ベトナムEC市場が25億ドル突破、成長と課題が交錯
ベトナム商工省の報告によれば、2024年のベトナム電子商取引(EC)市場は前年より20%増加し、規模は25億ドルを超えた。これはGoogleなどが予測していた22億ドルを上回り、東南アジアではインドネシア、タイに次ぐ第3位となる。主要5大ECプラットフォーム(Shopee、Lazada、TikTok Shop、Tiki、Sendo)の取扱高は127億ドルで、国内小売売上高の6.5%を占めた。
2025年第1四半期には、Shopeeが市場シェア64%で売上高59兆ドンを記録し、前年比25%増を達成。一方でTikTok Shopは売上32兆ドンでシェアを大きく伸ばし、前年比2倍の成長となった。Lazadaは業績が低迷し、売上は3兆ドンで47%減となった。
一方、米国によるベトナム製品への46%の報復関税は、輸出企業に深刻な影響を与える懸念がある。ベトナム政府はこの施行の45日間延期を要請している。税制変更に加え、EC事業者は手数料調整、プロモーションの削減、違反店舗の取り締まりなど、運営上の変更も求められており、市場競争は激化している。
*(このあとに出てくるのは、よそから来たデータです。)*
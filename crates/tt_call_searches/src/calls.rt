//! The calls, one file each.

pub mod best;
pub mod given;
pub mod improve;
pub mod parts;
pub mod solve;
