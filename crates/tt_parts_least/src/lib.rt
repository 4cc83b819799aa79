//! The lowest cost of a group of curricula and courses, for a search: nothing is promised about it.
#![tactic(auto)]

mod allowance;
mod day;
mod days;
mod fold;
mod layout;
mod least;
mod sets;

pub use allowance::Allowance;
pub use layout::{Layout, courses_of, lectures_of, members_of};
pub use least::{Aim, Least, least_cost};
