//! The sets of a group's courses in which no two conflict.

use crate::layout::{Course, Layout};
use std::alloc::{AllocError, Global};
use tt_instance::Instance;

/// The maximum number of sets.
const SETS: usize = 4_096;

/// Courses of which no two conflict, a bit for each; their lectures, packed and as a place; and the curricula that they meet, a bit for each.
#[derive(Clone, Copy)]
pub struct Set {
    pub courses: u32,
    pub packed: u64,
    pub place: u32,
    pub curricula: u64,
}

/// Returns the courses that conflict with a course, a bit for each.
fn conflicting(instance: &Instance<'_>, layout: &Layout, course: Course) -> u32 {
    let mut word = 0;
    for (place, other) in layout.courses.iter().enumerate() {
        if instance.conflict(course.number, other.number) {
            word |= 1 << (place % 32);
        }
    }
    word
}

/// Returns the curricula that have a course, a bit for each.
fn curricula_with(instance: &Instance<'_>, curricula: &[u32], course: Course) -> u64 {
    let mut word = 0;
    for (place, curriculum) in curricula.iter().enumerate() {
        if instance.in_curriculum(*curriculum, course.number) {
            word |= 1 << (place % 64);
        }
    }
    word
}

/// Adds a copy of each set without a conflict with a course, extended by this course.
fn add_course(
    sets: &mut Vec<Set>,
    course: Course,
    place: usize,
    conflicts: u32,
    met: u64,
) -> Result<(), AllocError> {
    for k in 0..sets.len() {
        let Some(set) = sets.get(k).copied() else {
            break;
        };
        if set.courses & conflicts == 0 {
            sets.push(Set {
                courses: set.courses | 1 << (place % 32),
                packed: set.packed | 1 << (course.shift % 64),
                place: set.place.wrapping_add(course.weight),
                curricula: set.curricula | met,
            })?;
        }
    }
    Ok(())
}

/// Returns every set of the courses in which no two conflict, or `None` if there are too many.
pub fn sets_of(
    alloc: Global,
    instance: &Instance<'_>,
    layout: &Layout,
    curricula: &[u32],
) -> Result<Option<Vec<Set>>, AllocError> {
    let mut sets = Vec::new(alloc);
    sets.push(Set {
        courses: 0,
        packed: 0,
        place: 0,
        curricula: 0,
    })?;
    for (place, course) in layout.courses.iter().enumerate() {
        let conflicts = conflicting(instance, layout, *course);
        let met = curricula_with(instance, curricula, *course);
        add_course(&mut sets, *course, place, conflicts, met)?;
        if SETS < sets.len() {
            return Ok(None);
        }
    }
    Ok(Some(sets))
}
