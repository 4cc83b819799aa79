//! The work that a search may still do.

use tt_watch::Watch;

/// The number of steps after which the watch is asked again.
const STEPS_BETWEEN: u64 = 1_048_576;

/// The steps that a search may still do, and the watch that may end the search before they are used up.
pub struct Allowance<'w, W: Watch> {
    left: u64,
    /// The steps that the current group may not use.
    kept: u64,
    /// The steps until the watch is asked.
    unasked: u64,
    is_ended: bool,
    pub watch: &'w mut W,
}

impl<'w, W: Watch> Drop for Allowance<'w, W> {
    fn drop(self) {
        let Allowance {
            left: _,
            kept: _,
            unasked: _,
            is_ended: _,
            watch: _,
        } = self;
    }
}

impl<'w, W: Watch> Allowance<'w, W> {
    /// Returns an allowance of this many steps.
    pub fn new(steps: u64, watch: &'w mut W) -> Allowance<'w, W> {
        Allowance {
            left: steps,
            kept: 0,
            unasked: STEPS_BETWEEN,
            is_ended: false,
            watch,
        }
    }

    /// Returns the number of steps that are left.
    pub fn left(&self) -> u64 {
        self.left
    }

    /// Checks whether no steps are left.
    pub fn is_used_up(&self) -> bool {
        self.left == 0
    }

    /// Asks the watch whether the search is over; if it is, no steps are left.
    pub fn is_ended(&mut self) -> bool {
        self.unasked = STEPS_BETWEEN;
        if !self.is_ended {
            self.is_ended = self.watch.is_over();
        }
        if self.is_ended {
            self.left = 0;
            self.kept = 0;
        }
        self.is_ended
    }

    /// Begins a group that may use up this many steps.
    pub fn begin_group(&mut self, most: u64) {
        self.kept = self.left.saturating_sub(most);
    }

    /// Uses up steps, and asks the watch from time to time. Returns `false` if the group may use no more.
    pub fn spend(&mut self, steps: u64) -> bool {
        self.left = self.left.saturating_sub(steps).max(self.kept);
        self.unasked = self.unasked.saturating_sub(steps);
        if self.unasked == 0 && self.is_ended() {
            return false;
        }
        self.kept < self.left
    }
}
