//! The calls that search for timetables and for proofs.
#![tactic(auto)]

mod calls;

pub use calls::best::{BestAnswer, BestSearch, WatchBest, best, found_line, missing_line, page_of};
pub use calls::given::read_given;
pub use calls::improve::{ImproveSearch, improve};
pub use calls::parts::{PartsAnswer, parts};
pub use calls::solve::{TreeEffort, least_text, line_of, solve};
pub use tt_parts::Effort;
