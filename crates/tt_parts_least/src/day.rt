//! A lower bound of a day's cost, by its lectures.

use crate::allowance::Allowance;
use crate::layout::Layout;
use crate::sets::Set;
use std::alloc::{AllocError, Global};
use tt_instance::{ISOLATED_COST, MISSING_DAY_COST};
use tt_watch::Watch;

/// The value of a place without an entry.
pub const NONE: u8 = u8::MAX;

/// The lectures of a day, packed and as a place, their number, and a lower bound of their cost.
#[derive(Clone, Copy)]
pub struct Vector {
    pub packed: u64,
    pub place: u32,
    pub lectures: u32,
    pub cost: u32,
}

/// The days that cost less than a limit: their vectors, the cheapest first, and their costs by place.
#[derive(Drop)]
pub struct Table {
    pub vectors: Vec<Vector>,
    pub costs: Vec<u8>,
}

/// The first periods of a day: their lectures, their courses, their cost so far, and the curricula of the last period: all of them, and those
/// that were not in the period before it.
#[derive(Clone, Copy)]
struct Morning {
    packed: u64,
    place: u32,
    lectures: u32,
    courses: u32,
    cost: u32,
    occupied: u64,
    pending: u64,
}

impl Morning {
    /// The state before the first period.
    const EMPTY: Morning = Morning {
        packed: 0,
        place: 0,
        lectures: 0,
        courses: 0,
        cost: 0,
        occupied: 0,
        pending: 0,
    };

    /// Returns the morning with a set in the next period, or `None` if it costs the limit or more, or a course has too many lectures.
    fn with(&self, layout: &Layout, limit: u32, set: &Set) -> Option<Morning> {
        let packed = self.packed.wrapping_add(set.packed);
        let left = (layout.full | layout.guard).wrapping_sub(packed);
        if left & layout.guard != layout.guard {
            return None;
        }
        let singles = (self.pending & !set.curricula).count_ones();
        let further = (self.courses & set.courses & layout.tight).count_ones();
        let cost = self
            .cost
            .wrapping_add(ISOLATED_COST.wrapping_mul(singles))
            .wrapping_add(MISSING_DAY_COST.wrapping_mul(further));
        if limit <= cost {
            return None;
        }
        Some(Morning {
            packed,
            place: self.place.wrapping_add(set.place),
            lectures: self.lectures.wrapping_add(set.courses.count_ones()),
            courses: self.courses | set.courses,
            cost,
            occupied: set.curricula,
            pending: set.curricula & !self.occupied,
        })
    }
}

impl Table {
    /// Enters a whole day.
    fn enter(&mut self, limit: u32, day: &Morning) -> Result<(), AllocError> {
        let cost = day
            .cost
            .wrapping_add(ISOLATED_COST * day.pending.count_ones());
        if limit <= cost {
            return Ok(());
        }
        let Some(entry) = self.costs.get_mut(day.place as usize) else {
            return Ok(());
        };
        if *entry == NONE {
            self.vectors.push(Vector {
                packed: day.packed,
                place: day.place,
                lectures: day.lectures,
                cost,
            })?;
        }
        *entry = (*entry).min((cost % 256) as u8);
        Ok(())
    }

    /// Enters all days that begin like a morning. Each set that is tried uses up some of the work; returns `false` if it is used up.
    fn enter_days<W: Watch>(
        &mut self,
        layout: &Layout,
        limit: u32,
        periods: &[Vec<Set>],
        morning: &Morning,
        work: &mut Allowance<'_, W>,
    ) -> Result<bool, AllocError> {
        let Some((sets, later)) = periods.split_first() else {
            self.enter(limit, morning)?;
            return Ok(true);
        };
        if !work.spend(sets.len() as u64) {
            return Ok(false);
        }
        for set in sets {
            if let Some(next) = morning.with(layout, limit, set) {
                if !self.enter_days(layout, limit, later, &next, work)? {
                    return Ok(false);
                }
            }
        }
        Ok(true)
    }

    /// Returns the table of a day whose periods can have these sets, or `None` if the work is used up.
    pub fn new<W: Watch>(
        alloc: Global,
        layout: &Layout,
        limit: u32,
        periods: &[Vec<Set>],
        work: &mut Allowance<'_, W>,
    ) -> Result<Option<Table>, AllocError> {
        let mut table = Table {
            vectors: Vec::new(alloc),
            costs: vec![in alloc; NONE; layout.places as usize]?,
        };
        if !table.enter_days(layout, limit, periods, &Morning::EMPTY, work)? {
            return Ok(None);
        }
        for vector in table.vectors.iter_mut() {
            if let Some(cost) = table.costs.get(vector.place as usize) {
                vector.cost = u32::from(*cost);
            }
        }
        table
            .vectors
            .sort_unstable_by_key(|vector| (vector.cost, vector.packed));
        Ok(Some(table))
    }
}
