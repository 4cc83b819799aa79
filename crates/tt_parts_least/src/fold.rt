//! The fold of the days into a week.

use crate::allowance::Allowance;
use crate::day::{NONE, Table, Vector};
use crate::days::Days;
use crate::layout::Layout;
use std::alloc::{AllocError, Global};
use tt_instance::MISSING_DAY_COST;
use tt_watch::Watch;

/// The maximum number of digits of further lectures.
const DIGITS: usize = 16;

/// The width of a fold: all states of a day and all moves from each, or a maximum number of them.
#[derive(Clone, Copy)]
pub struct Width {
    pub states: usize,
    pub moves: usize,
}

impl Width {
    /// The width without a maximum.
    pub const FULL: Width = Width {
        states: usize::MAX,
        moves: usize::MAX,
    };
}

/// A state after the first days: the place of their lectures and further lectures, the number of lectures left, and these packed.
#[derive(Clone, Copy)]
struct State {
    place: u32,
    lectures: u32,
    left: u64,
}

/// The states that the first days can reach, and the cost paid so far, by place.
#[derive(Drop)]
struct Front {
    states: Vec<State>,
    paid: Vec<u8>,
}

impl Front {
    /// Returns a front without states.
    fn empty(alloc: Global, layout: &Layout) -> Result<Front, AllocError> {
        Ok(Front {
            states: Vec::new(alloc),
            paid: vec![in alloc; NONE; layout.states as usize]?,
        })
    }

    /// Returns the cost paid so far in a state.
    fn paid_at(&self, state: &State) -> u32 {
        self.paid
            .get(state.place as usize)
            .map_or(u32::from(NONE), |paid| u32::from(*paid))
    }

    /// Reaches a state at a cost.
    fn reach(&mut self, state: State, paid: u32) -> Result<(), AllocError> {
        let Some(entry) = self.paid.get_mut(state.place as usize) else {
            return Ok(());
        };
        if paid < u32::from(*entry) {
            let is_new = *entry == NONE;
            *entry = (paid % 256) as u8;
            if is_new {
                self.states.push(state)?;
            }
        }
        Ok(())
    }

    /// Leaves a state.
    fn leave(&mut self, state: &State) {
        if let Some(entry) = self.paid.get_mut(state.place as usize) {
            *entry = NONE;
        }
    }

    /// Leaves all states.
    fn clear(&mut self) {
        for state in &self.states {
            if let Some(entry) = self.paid.get_mut(state.place as usize) {
                *entry = NONE;
            }
        }
        self.states.clear();
    }

    /// Limits the number of states to `width`: half of them are the cheapest (of two that cost the same, the one with fewer lectures left), the
    /// others are spread over the rest.
    fn narrow(&mut self, width: usize) {
        let count = self.states.len();
        if count <= width {
            return;
        }
        let paid = &self.paid;
        self.states.sort_unstable_by_key(|state| {
            let cost = paid.get(state.place as usize).map_or(NONE, |paid| *paid);
            (cost, state.lectures, scattered(state.place))
        });
        let half = width / 2;
        let others = (count - half) as u64;
        for k in 0..half {
            let from = half as u64 + (k as u64).wrapping_mul(others) / (half as u64).max(1);
            let to = half + k;
            if (from as usize) < count && to < count {
                self.states.swap(to, from as usize);
            }
        }
        for k in 2 * half..count {
            if let Some(state) = self.states.get(k).copied() {
                self.leave(&state);
            }
        }
        self.states.truncate(2 * half);
    }
}

/// Returns a number that orders consecutive places differently from the places themselves.
fn scattered(place: u32) -> u32 {
    place.wrapping_mul(0x9E37_79B9)
}

/// Returns the further lectures of all courses at a place.
fn digits_at(layout: &Layout, place: u32) -> [u32; DIGITS] {
    let mut digits = [0; DIGITS];
    for (digit, slack) in digits.iter_mut().zip(&layout.slacks) {
        *digit = slack.further_at(place);
    }
    digits
}

/// Returns the amount that a day's further lectures add to a place, and their cost.
fn further(layout: &Layout, digits: &[u32; DIGITS], packed: u64) -> (u32, u32) {
    let mut place = 0u32;
    let mut cost = 0u32;
    for (digit, slack) in digits.iter().zip(&layout.slacks) {
        let more = slack.further_of(packed);
        if more > 0 {
            let free = more.min(slack.further.saturating_sub(*digit));
            place = place.wrapping_add(free.wrapping_mul(slack.weight));
            cost = cost.wrapping_add(MISSING_DAY_COST.wrapping_mul(more.saturating_sub(free)));
        }
    }
    (place, cost)
}

/// The fold of the days of a group, for costs below a limit.
#[derive(Drop)]
pub struct Fold<'s> {
    pub layout: &'s Layout,
    pub days: &'s Days,
    pub limit: u32,
    pub width: Width,
}

impl Fold<'_> {
    /// Returns the table of a day.
    fn table(&self, day: usize) -> Option<&Table> {
        self.days.tables.get(*self.days.of_day.get(day)?)
    }

    /// Reaches the states that a day leads to from one state. Returns the number of the day's vectors that were tried.
    fn extend(
        &self,
        vectors: &[Vector],
        state: &State,
        paid: u32,
        next: &mut Front,
    ) -> Result<usize, AllocError> {
        let guard = self.layout.guard;
        let room = state.left | guard;
        let digits = digits_at(self.layout, state.place);
        let mut moves = 0;
        for (tried, vector) in vectors.iter().enumerate() {
            let cost = paid.wrapping_add(vector.cost);
            if self.limit <= cost || moves == self.width.moves {
                return Ok(tried);
            }
            let left = room.wrapping_sub(vector.packed);
            if left & guard != guard {
                continue;
            }
            moves = moves.wrapping_add(1);
            let (more, pay) = further(self.layout, &digits, vector.packed);
            let total = cost.wrapping_add(pay);
            if total < self.limit {
                let reached = State {
                    place: state.place.wrapping_add(vector.place).wrapping_add(more),
                    lectures: state.lectures.wrapping_sub(vector.lectures),
                    left: left & !guard,
                };
                next.reach(reached, total)?;
            }
        }
        Ok(vectors.len())
    }

    /// Reaches the states that a day leads to. Returns `false` if the work is used up.
    fn pass<W: Watch>(
        &self,
        vectors: &[Vector],
        front: &Front,
        next: &mut Front,
        work: &mut Allowance<'_, W>,
    ) -> Result<bool, AllocError> {
        for state in &front.states {
            let tried = self.extend(vectors, state, front.paid_at(state), next)?;
            if !work.spend(tried as u64) {
                return Ok(false);
            }
        }
        Ok(true)
    }

    /// Returns the cost of the last day from a state, if all lectures that are left are taught on it; the limit if that is impossible.
    fn rest(&self, table: &Table, state: &State) -> u32 {
        let used = state.place.checked_rem(self.layout.places).unwrap_or(0);
        let place = self.layout.places.wrapping_sub(1).wrapping_sub(used);
        let cost = match table.costs.get(place as usize) {
            Some(cost) if *cost != NONE => u32::from(*cost),
            _ => return self.limit,
        };
        let digits = digits_at(self.layout, state.place);
        let (_, pay) = further(self.layout, &digits, state.left);
        cost.wrapping_add(pay)
    }

    /// Returns the lowest cost of a week whose last day is still open, if it is below the limit; else the limit.
    fn least(&self, table: &Table, front: &Front) -> u32 {
        let mut least = self.limit;
        for state in &front.states {
            least = least.min(front.paid_at(state).wrapping_add(self.rest(table, state)));
        }
        least
    }

    /// Returns the lowest cost of a week beyond the base cost, among the weeks that the fold visits, if it is below the limit; else the limit.
    /// Returns `None` if the work is used up.
    pub fn run<W: Watch>(
        &self,
        alloc: Global,
        work: &mut Allowance<'_, W>,
    ) -> Result<Option<u32>, AllocError> {
        let mut front = Front::empty(alloc, self.layout)?;
        let mut next = Front::empty(alloc, self.layout)?;
        let start = State {
            place: 0,
            lectures: self.layout.lectures,
            left: self.layout.full,
        };
        front.reach(start, 0)?;
        let last = self.days.of_day.len().saturating_sub(1);
        for day in 0..last {
            let Some(table) = self.table(day) else {
                return Ok(None);
            };
            if !self.pass(&table.vectors, &front, &mut next, work)? {
                return Ok(None);
            }
            next.narrow(self.width.states);
            front.clear();
            (front, next) = (next, front);
        }
        let Some(table) = self.table(last) else {
            return Ok(None);
        };
        Ok(Some(self.least(table, &front)))
    }
}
こうした状況下で、企業は消費者動向と市場変化を敏感に察知し、柔軟な価格戦略、商品最適化、マルチチャネル展開によるリスク分散、カスタマーサービスの向上が求められる。また、AIなどのテクノロジーを活用した個別提案や物流の最適化も競争力強化に直結する。2025年のEC市場は45億ドルに達するとの見通しがあり、今後の成長を左右するのは対応力と技術投資である。